Predicting sex bias in mobility from functional traits in flying insects

Understanding the movement patterns of organisms is crucial for effective biodiversity conservation in the increasingly dynamic and fragmented landscapes. Since the colonization of habitat patches relies largely on females, sex differences in movement capability must also be considered. However, obtaining direct measurements of mobility and dispersal, and sex biases in these traits, is often challenging. This underscores the importance of predicting sex-specific estimates of mobility based on species’ functional traits. Our phylogenetic comparative study aims at identifying species traits that could serve as proxies for sex bias in mobility in flying insects. We rely on a comprehensive dataset on the sex ratios of 454 moth species (Lepidoptera: Macroheterocera), captured by light traps of the Finnish national moth monitoring scheme. We first demonstrate that, in the vast majority of species, males outnumber females among the captured individuals. Our phylogenetic regression models reveal that species-specific sex ratios correlate with traits typically predicted to be associated with sex differences in mobility. Female proportions decrease as sexual dimorphism in wingspan becomes more male-biased and female wing loading relative to males increases. Proportions of females are also lower in larger species. Females are particularly scarce in trap samples of species in which the reproductive output of females is primarily determined by larval-derived resources (i.e., capital breeders).
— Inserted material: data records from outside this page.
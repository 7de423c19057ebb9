//! Calls at locks as data: what each is told stands beside the act that it must ask for then.

use parking_lot_core::ParkToken;
use parking_lot_protocol::timed::{TimedAct, TimedSeen};
use parking_lot_protocol::{Act, ActResult, CoreAnswer, MutexCore, RwCore, SectionAct, TRY_AGAIN};
use parking_lot_protocol_rw::UpgradeCore;
use parking_lot_protocol_rw::timed::TimedRwCore;
use std::process::Abort;

/// What a call is told, and what it must ask for then.
pub type Line = (ActResult, Act);

/// Of a call that asks for the whole lock beside one reader: it sleeps until that reader wakes it, and has the lock.
pub const LAST_READER_WAKES: &[Line] = &[
    (ActResult::Word(24), Act::Exchange(24, 26)),
    (ActResult::Exchanged, Act::Enter(1)),
    (ActResult::Entered, Act::Section(SectionAct::Check)),
    (
        ActResult::Word(26),
        Act::Section(SectionAct::Append(ParkToken(8))),
    ),
    (ActResult::Made, Act::Section(SectionAct::Leave)),
    (ActResult::Made, Act::Sleep),
    (ActResult::Woken(TRY_AGAIN), Act::Load),
    (ActResult::Word(8), Act::Done(CoreAnswer::Owned)),
];

/// Tells a call at a mutex each of these, and looks whether it asks for what it must.
pub fn follow_mutex(rt: &impl Abort, mut core: MutexCore, lines: &[Line]) -> MutexCore {
    for (at, (seen, act)) in lines.iter().enumerate() {
        let is_asked = core.next(*seen) == *act;
        assert!(rt; is_asked, "line {at}");
    }
    core
}

/// The same of a call at a reader-writer lock.
pub fn follow_rw(rt: &impl Abort, mut core: RwCore, lines: &[Line]) -> RwCore {
    for (at, (seen, act)) in lines.iter().enumerate() {
        let is_asked = core.next(*seen) == *act;
        assert!(rt; is_asked, "line {at}");
    }
    core
}

/// The same of a call of an upgradable hold.
pub fn follow_upgrade(rt: &impl Abort, mut core: UpgradeCore, lines: &[Line]) -> UpgradeCore {
    for (at, (seen, act)) in lines.iter().enumerate() {
        let is_asked = core.next(*seen) == *act;
        assert!(rt; is_asked, "line {at}");
    }
    core
}

/// The same of a call that may give up.
pub fn follow_in_time(
    rt: &impl Abort,
    mut core: TimedRwCore,
    lines: &[(TimedSeen, TimedAct)],
) -> TimedRwCore {
    for (at, (seen, act)) in lines.iter().enumerate() {
        let is_asked = core.next(*seen) == *act;
        assert!(rt; is_asked, "line {at}");
    }
    core
}
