impl<'t, 'l, R: Wait, const RECURSIVE: u8, A: Allocator> RawRwLock<'t, 'l, R, RECURSIVE, A> {
    /// Asks to read until the moment. A hold beyond the most readers is given back, and asked for again.
    #[cold]
    #[inline(never)]
    fn read_in_time<C: Clock>(
        &self,
        deadline: Instant,
        clock: &C,
        party: &mut ThreadData<A>,
    ) -> Option<Reader>
        ensures name { IfSome result (λ reader. reader ≡ self.now.row.shared.now.word) }
        ensures ended { MatchOption result (TimedRwEnded (reading_in_time RECURSIVE) GivesUp)
            (λ _. TimedRwEnded (reading_in_time RECURSIVE) (Makes (Done Owned))) }
    {
        for _call in self.row().lot().runtime().forever() {
            let call = ReadInTime::<RECURSIVE>;
            let had = self.word().nothing_held();
            let (owns, held) = self.place().own_in_time(call, had, deadline, clock, party);
            if !owns {
                self.place().end(held);
                return None;
            }
            let reader = self.place().reader(held);
            if !self.is_overfull() {
                return Some(reader);
            }
            self.stops_reading(reader);
            thread_yield();
        }
        unreachable!()
    }

    /// Asks for the upgradable hold until the moment. A hold beyond the most readers is given back, and asked for
    /// again.
    #[cold]
    #[inline(never)]
    fn own_upgradable_in_time<C: Clock>(
        &self,
        deadline: Instant,
        clock: &C,
        party: &mut ThreadData<A>,
    ) -> Option<Upgradable>
        ensures name { IfSome result (λ owner. owner ≡ self.now.row.shared.now.word) }
        ensures ended { MatchOption result (TimedRwEnded asking_in_time GivesUp)
            (λ _. TimedRwEnded asking_in_time (Makes (Done Owned))) }
    {
        for _call in self.row().lot().runtime().forever() {
            let call = AskUpgradablyInTime;
            let had = self.word().nothing_held();
            let (owns, held) = self.place().own_in_time(call, had, deadline, clock, party);
            if !owns {
                self.place().end(held);
                return None;
            }
            let owner = self.place().upgradable(held);
            if !self.is_overfull() {
                return Some(owner);
            }
            self.disowns_slowly(Disown, owner);
            thread_yield();
        }
        unreachable!()
    }

    /// Asks to write until the moment.
    fn write_in_time<C: Clock>(
        &self,
        deadline: Instant,
        clock: &C,
        party: &mut ThreadData<A>,
    ) -> Option<Exclusive>
        ensures name { IfSome result (λ owner. owner ≡ self.now.row.shared.now.word) }
        ensures ended { MatchOption result (TimedRwEnded writing_in_time GivesUp)
            (λ _. TimedRwEnded writing_in_time (Makes (Done Owned))) }
    {
        let had = self.word().nothing_held();
        let (owns, held) = self
            .place()
            .own_in_time(WriteInTime, had, deadline, clock, party);
        if owns {
            Some(self.place().exclusive(held))
        } else {
            self.place().end(held);
            None
        }
    }

    /// The upgradable hold has become one that waits for readers at this word: it waits until the moment, and is the
    /// upgradable one again where it gives up.
    fn upgrade_in_time<C: Clock>(
        &self,
        pending: Pending,
        word: u64,
        until: (Instant, &C),
        party: &mut ThreadData<A>,
    ) -> Result<Exclusive, Upgradable>
        requires { pending ≡ self.now.row.shared.now.word }
        ensures won { IfOk result (λ owner. owner ≡ self.now.row.shared.now.word) }
        ensures lost { IfErr result (λ owner. owner ≡ self.now.row.shared.now.word) }
        ensures ended { MatchResult result (λ _. TimedRwEnded upgrading_in_time (Makes (Done Owned)))
            (λ _. TimedRwEnded upgrading_in_time GivesUp) }
    {
        let (deadline, clock) = until;
        let first = ActResult::Before(word);
        let had = pending.into_held();
        let place = self.place();
        let (owns, held) = place.own_in_time_after(
            UpgradeInTime,
            first,
            had,
            deadline,
            clock,
            party,
        );
        if owns {
            Ok(place.exclusive(held))
        } else {
            Err(place.upgradable(held))
        }
    }

    /// Waits until a shared hold is owned, or until the moment by the clock that is handed in: then it is off the list,
    /// and `None` is the answer.
    ///
    /// The moment is looked at where the thread sleeps. So a lock that can be had at once is had, also where the moment
    /// is past.
    ///
    /// ```text
    /// if let Some(token) = raw.read_until(deadline, &rt, &mut me) { raw.unlock_shared(token); }
    /// ```
    #[inline(always)]
    pub fn read_until<C: Clock>(
        &self,
        deadline: Instant,
        clock: &C,
        party: &mut ThreadData<A>,
    ) -> Option<SharedToken>
        ensures name { IfSome result (λ token. token.0 ≡ self.now.row.shared.now.word) }
        ensures key { IfSome result
            (λ token. token.1 ≡ (self.now.row.table.now.first_key + 2 * self.now.row.number) % 2 ^ 64) }
        ensures call { MatchOption result (TimedRwEnded (reading_in_time RECURSIVE) GivesUp)
            (λ _. RwOwned (RwEnded (Locking (want.Shared (RECURSIVE == 1))) Owned) (reading_in_time RECURSIVE)) }
    {
        match self.reads_at_once() {
            Some(reader) => Some(self.shared_token(reader)),
            None => match self.read_in_time(deadline, clock, party) {
                Some(reader) => Some(self.shared_token(reader)),
                None => None,
            },
        }
    }

    /// As [`read_until`](RawRwLock::read_until), with the moment that lies `timeout` ahead. Where no moment can say
    /// that, it waits as long as it takes.
    ///
    /// ```text
    /// if let Some(token) = raw.read_for(Duration::from_millis(5), &rt, &mut me) { raw.unlock_shared(token); }
    /// ```
    pub fn read_for<C: Clock>(
        &self,
        timeout: Duration,
        clock: &C,
        party: &mut ThreadData<A>,
    ) -> Option<SharedToken>
        ensures name { IfSome result (λ token. token.0 ≡ self.now.row.shared.now.word) }
        ensures key { IfSome result
            (λ token. token.1 ≡ (self.now.row.table.now.first_key + 2 * self.now.row.number) % 2 ^ 64) }
        ensures call { MatchOption result (TimedRwEnded (reading_in_time RECURSIVE) GivesUp)
            (λ _. RwOwned (RwEnded (Locking (want.Shared (RECURSIVE == 1))) Owned) (reading_in_time RECURSIVE)) }
    {
        match to_deadline(clock, timeout) {
            Some(deadline) => self.read_until(deadline, clock, party),
            None => Some(self.shared_token(self.reads(party))),
        }
    }

    /// As [`read_until`](RawRwLock::read_until), of the exclusive hold. One that waits for readers to leave gives up
    /// there too: the lock is as if it had never asked, and those that it kept out are looked after.
    ///
    /// ```text
    /// if let Some(token) = raw.write_until(deadline, &rt, &mut me) { raw.unlock_exclusive(token); }
    /// ```
    #[inline(always)]
    pub fn write_until<C: Clock>(
        &self,
        deadline: Instant,
        clock: &C,
        party: &mut ThreadData<A>,
    ) -> Option<ExclusiveToken>
        ensures name { IfSome result (λ token. token.0 ≡ self.now.row.shared.now.word) }
        ensures key { IfSome result
            (λ token. token.1 ≡ (self.now.row.table.now.first_key + 2 * self.now.row.number) % 2 ^ 64) }
        ensures call { MatchOption result (TimedRwEnded writing_in_time GivesUp)
            (λ _. RwOwned (RwEnded (Locking want.Exclusive) Owned) writing_in_time) }
    {
        match self.writes_at_once() {
            Some(owner) => Some(self.exclusive_token(owner)),
            None => match self.write_in_time(deadline, clock, party) {
                Some(owner) => Some(self.exclusive_token(owner)),
                None => None,
            },
        }
    }

    /// As [`write_until`](RawRwLock::write_until), with the moment that lies `timeout` ahead.
    ///
    /// ```text
    /// if let Some(token) = raw.write_for(Duration::from_millis(5), &rt, &mut me) { raw.unlock_exclusive(token); }
    /// ```
    pub fn write_for<C: Clock>(
        &self,
        timeout: Duration,
        clock: &C,
        party: &mut ThreadData<A>,
    ) -> Option<ExclusiveToken>
        ensures name { IfSome result (λ token. token.0 ≡ self.now.row.shared.now.word) }
        ensures key { IfSome result
            (λ token. token.1 ≡ (self.now.row.table.now.first_key + 2 * self.now.row.number) % 2 ^ 64) }
        ensures call { MatchOption result (TimedRwEnded writing_in_time GivesUp)
            (λ _. RwOwned (RwEnded (Locking want.Exclusive) Owned) writing_in_time) }
    {
        match to_deadline(clock, timeout) {
            Some(deadline) => self.write_until(deadline, clock, party),
            None => Some(self.exclusive_token(self.writes(party))),
        }
    }

    /// As [`read_until`](RawRwLock::read_until), of the upgradable hold.
    ///
    /// ```text
    /// if let Some(token) = raw.upgradable_until(deadline, &rt, &mut me) { raw.unlock_upgradable(token); }
    /// ```
    #[inline(always)]
    pub fn upgradable_until<C: Clock>(
        &self,
        deadline: Instant,
        clock: &C,
        party: &mut ThreadData<A>,
    ) -> Option<UpgradableToken>
        ensures name { IfSome result (λ token. token.0 ≡ self.now.row.shared.now.word) }
        ensures key { IfSome result
            (λ token. token.1 ≡ (self.now.row.table.now.first_key + 2 * self.now.row.number) % 2 ^ 64) }
        ensures call { MatchOption result (TimedRwEnded asking_in_time GivesUp)
            (λ _. RwOwned (UpgradeEnded call.Locking Owned) asking_in_time) }
    {
        match self.upgradable_at_once() {
            Some(owner) => Some(self.upgradable_token(owner)),
            None => match self.own_upgradable_in_time(deadline, clock, party) {
                Some(owner) => Some(self.upgradable_token(owner)),
                None => None,
            },
        }
    }

    /// As [`upgradable_until`](RawRwLock::upgradable_until), with the moment that lies `timeout` ahead.
    ///
    /// ```text
    /// let soon = Duration::from_millis(5);
    /// if let Some(token) = raw.upgradable_for(soon, &rt, &mut me) { raw.unlock_upgradable(token); }
    /// ```
    pub fn upgradable_for<C: Clock>(
        &self,
        timeout: Duration,
        clock: &C,
        party: &mut ThreadData<A>,
    ) -> Option<UpgradableToken>
        ensures name { IfSome result (λ token. token.0 ≡ self.now.row.shared.now.word) }
        ensures key { IfSome result
            (λ token. token.1 ≡ (self.now.row.table.now.first_key + 2 * self.now.row.number) % 2 ^ 64) }
        ensures call { MatchOption result (TimedRwEnded asking_in_time GivesUp)
            (λ _. RwOwned (UpgradeEnded call.Locking Owned) asking_in_time) }
    {
        match to_deadline(clock, timeout) {
            Some(deadline) => self.upgradable_until(deadline, clock, party),
            None => Some(self.upgradable_token(self.owns_upgradably(party))),
        }
    }

    /// Makes the upgradable hold the exclusive one, or gives up at the moment: then it is the upgradable one again,
    /// with nobody exclusive in between, and the token comes back.
    ///
    /// ```text
    /// let upgradable = raw.lock_upgradable(&mut me);
    /// match raw.upgraded_until(upgradable, deadline, &rt, &mut me) {
    ///     Ok(writer) => raw.unlock_exclusive(writer),
    ///     Err(reader) => raw.unlock_upgradable(reader),
    /// }
    /// ```
    #[inline(always)]
    pub fn upgraded_until<C: Clock>(
        &self,
        guard: UpgradableToken,
        deadline: Instant,
        clock: &C,
        party: &mut ThreadData<A>,
    ) -> Result<ExclusiveToken, UpgradableToken>
        requires { number_of guard.0 guard.1 ≡ number_of self.now.row.shared.now.word
            ((self.now.row.table.now.first_key + 2 * self.now.row.number) % 2 ^ 64) }
        ensures token { MatchResult result (λ token. token ≡ guard) (λ token. token ≡ guard) }
        ensures call { MatchResult result (λ _. RwOwned (UpgradeEnded call.Upgrading Owned) upgrading_in_time)
            (λ _. TimedRwEnded upgrading_in_time GivesUp) }
    {
        let (owner, key) = self.upgradable_parts(guard);
        match self.upgrades_at_once(owner) {
            Ok(owner) => Ok(ExclusiveToken::of(owner, key)),
            Err((pending, word)) => {
                match self.upgrade_in_time(pending, word, (deadline, clock), party) {
                    Ok(owner) => Ok(ExclusiveToken::of(owner, key)),
                    Err(owner) => Err(UpgradableToken::of(owner, key)),
                }
            }
        }
    }

    /// As [`upgraded_until`](RawRwLock::upgraded_until), with the moment that lies `timeout` ahead.
    ///
    /// ```text
    /// let upgradable = raw.lock_upgradable(&mut me);
    /// match raw.upgraded_for(upgradable, Duration::from_millis(5), &rt, &mut me) {
    ///     Ok(writer) => raw.unlock_exclusive(writer),
    ///     Err(reader) => raw.unlock_upgradable(reader),
    /// }
    /// ```
    pub fn upgraded_for<C: Clock>(
        &self,
        guard: UpgradableToken,
        timeout: Duration,
        clock: &C,
        party: &mut ThreadData<A>,
    ) -> Result<ExclusiveToken, UpgradableToken>
        requires { number_of guard.0 guard.1 ≡ number_of self.now.row.shared.now.word
            ((self.now.row.table.now.first_key + 2 * self.now.row.number) % 2 ^ 64) }
        ensures token { MatchResult result (λ token. token ≡ guard) (λ token. token ≡ guard) }
        ensures call { MatchResult result (λ _. RwOwned (UpgradeEnded call.Upgrading Owned) upgrading_in_time)
            (λ _. TimedRwEnded upgrading_in_time GivesUp) }
    {
        match to_deadline(clock, timeout) {
            Some(deadline) => self.upgraded_until(guard, deadline, clock, party),
            None => Ok(self.upgraded(guard, party)),
        }
    }
}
These associations suggest that the observed variations in sex ratios do indeed mirror the variation in sex bias in mobility across species. Our findings highlight the potential of trait-based approaches to identify meaningful indicators of insect mobility, including sex biases in mobility. The availability of such proxies facilitates predictions about how different species might respond to contemporary challenges, such as light pollution and habitat loss and fragmentation. The detected associations also advance ordination schemes of insect life histories by integrating mobility measures into relevant analyses.